___ Source data ___
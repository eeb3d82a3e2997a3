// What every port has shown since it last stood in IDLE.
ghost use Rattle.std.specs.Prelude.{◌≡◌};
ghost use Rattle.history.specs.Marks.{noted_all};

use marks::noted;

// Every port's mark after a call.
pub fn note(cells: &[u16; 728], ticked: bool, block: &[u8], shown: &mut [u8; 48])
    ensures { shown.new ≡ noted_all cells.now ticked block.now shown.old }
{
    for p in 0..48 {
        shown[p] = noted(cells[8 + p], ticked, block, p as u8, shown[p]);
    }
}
___
___ Source data ___
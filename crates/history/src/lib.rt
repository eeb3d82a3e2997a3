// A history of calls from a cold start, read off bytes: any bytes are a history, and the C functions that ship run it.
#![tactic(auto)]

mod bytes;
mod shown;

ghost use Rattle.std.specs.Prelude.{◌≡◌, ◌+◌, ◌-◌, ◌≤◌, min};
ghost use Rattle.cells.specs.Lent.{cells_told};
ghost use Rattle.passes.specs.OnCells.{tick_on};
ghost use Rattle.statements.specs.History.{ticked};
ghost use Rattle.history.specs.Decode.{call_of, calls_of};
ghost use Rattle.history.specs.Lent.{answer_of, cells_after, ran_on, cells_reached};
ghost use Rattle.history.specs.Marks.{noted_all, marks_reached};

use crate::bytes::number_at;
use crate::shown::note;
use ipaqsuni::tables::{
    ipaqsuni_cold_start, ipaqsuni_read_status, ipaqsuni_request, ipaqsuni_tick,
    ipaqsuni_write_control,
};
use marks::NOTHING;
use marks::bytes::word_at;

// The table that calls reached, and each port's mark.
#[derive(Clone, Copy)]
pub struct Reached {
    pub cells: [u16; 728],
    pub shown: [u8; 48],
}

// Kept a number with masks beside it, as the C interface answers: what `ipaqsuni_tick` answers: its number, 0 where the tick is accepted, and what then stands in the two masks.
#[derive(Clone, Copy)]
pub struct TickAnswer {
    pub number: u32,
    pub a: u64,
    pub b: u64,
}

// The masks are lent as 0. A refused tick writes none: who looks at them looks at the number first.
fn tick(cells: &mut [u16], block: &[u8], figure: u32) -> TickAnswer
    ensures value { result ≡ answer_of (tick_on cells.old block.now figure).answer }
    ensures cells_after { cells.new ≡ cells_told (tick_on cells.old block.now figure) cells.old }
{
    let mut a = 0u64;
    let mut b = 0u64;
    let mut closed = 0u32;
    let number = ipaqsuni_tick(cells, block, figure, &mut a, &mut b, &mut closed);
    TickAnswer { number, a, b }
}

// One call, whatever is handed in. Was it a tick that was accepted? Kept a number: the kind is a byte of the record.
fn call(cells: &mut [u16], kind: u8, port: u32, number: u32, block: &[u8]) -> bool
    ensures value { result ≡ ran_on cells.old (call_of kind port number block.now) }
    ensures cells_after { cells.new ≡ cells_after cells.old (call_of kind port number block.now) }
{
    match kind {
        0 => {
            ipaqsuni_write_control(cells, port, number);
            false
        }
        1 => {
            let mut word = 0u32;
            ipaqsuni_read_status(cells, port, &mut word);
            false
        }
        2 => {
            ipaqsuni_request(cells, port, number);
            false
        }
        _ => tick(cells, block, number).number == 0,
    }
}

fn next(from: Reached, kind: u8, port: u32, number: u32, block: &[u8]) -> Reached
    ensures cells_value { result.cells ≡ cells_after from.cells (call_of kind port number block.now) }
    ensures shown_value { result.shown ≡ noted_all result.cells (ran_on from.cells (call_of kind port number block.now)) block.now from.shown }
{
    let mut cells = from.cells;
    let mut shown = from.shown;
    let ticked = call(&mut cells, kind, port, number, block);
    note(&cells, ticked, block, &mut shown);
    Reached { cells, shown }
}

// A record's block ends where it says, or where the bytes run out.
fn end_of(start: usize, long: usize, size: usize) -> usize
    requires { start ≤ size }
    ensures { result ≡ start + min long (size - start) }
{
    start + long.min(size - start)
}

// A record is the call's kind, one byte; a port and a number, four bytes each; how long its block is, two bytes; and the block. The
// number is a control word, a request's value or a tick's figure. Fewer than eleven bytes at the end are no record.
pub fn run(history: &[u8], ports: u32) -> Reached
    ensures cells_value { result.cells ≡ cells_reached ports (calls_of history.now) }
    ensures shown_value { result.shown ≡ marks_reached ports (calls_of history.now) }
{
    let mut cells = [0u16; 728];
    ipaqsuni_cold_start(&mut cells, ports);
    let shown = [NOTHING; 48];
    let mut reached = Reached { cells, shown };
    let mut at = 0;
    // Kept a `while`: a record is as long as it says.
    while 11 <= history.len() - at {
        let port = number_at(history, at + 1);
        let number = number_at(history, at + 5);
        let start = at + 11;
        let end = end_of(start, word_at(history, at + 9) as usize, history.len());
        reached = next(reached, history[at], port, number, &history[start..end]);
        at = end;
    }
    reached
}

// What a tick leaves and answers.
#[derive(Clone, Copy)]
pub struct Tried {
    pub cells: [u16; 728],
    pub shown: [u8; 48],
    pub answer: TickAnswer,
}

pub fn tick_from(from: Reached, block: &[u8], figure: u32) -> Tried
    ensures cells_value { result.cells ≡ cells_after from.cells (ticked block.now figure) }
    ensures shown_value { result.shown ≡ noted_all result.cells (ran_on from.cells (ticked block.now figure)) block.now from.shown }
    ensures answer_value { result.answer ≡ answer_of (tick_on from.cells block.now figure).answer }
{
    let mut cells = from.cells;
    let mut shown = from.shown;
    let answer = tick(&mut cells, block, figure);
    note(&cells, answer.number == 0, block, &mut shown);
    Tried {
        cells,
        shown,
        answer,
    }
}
___
Task statement
Check every line above for the string "usize", and copy the ones that have it.

Solved problem
fn end_of(start: usize, long: usize, size: usize) -> usize
        let end = end_of(start, word_at(history, at + 9) as usize, history.len());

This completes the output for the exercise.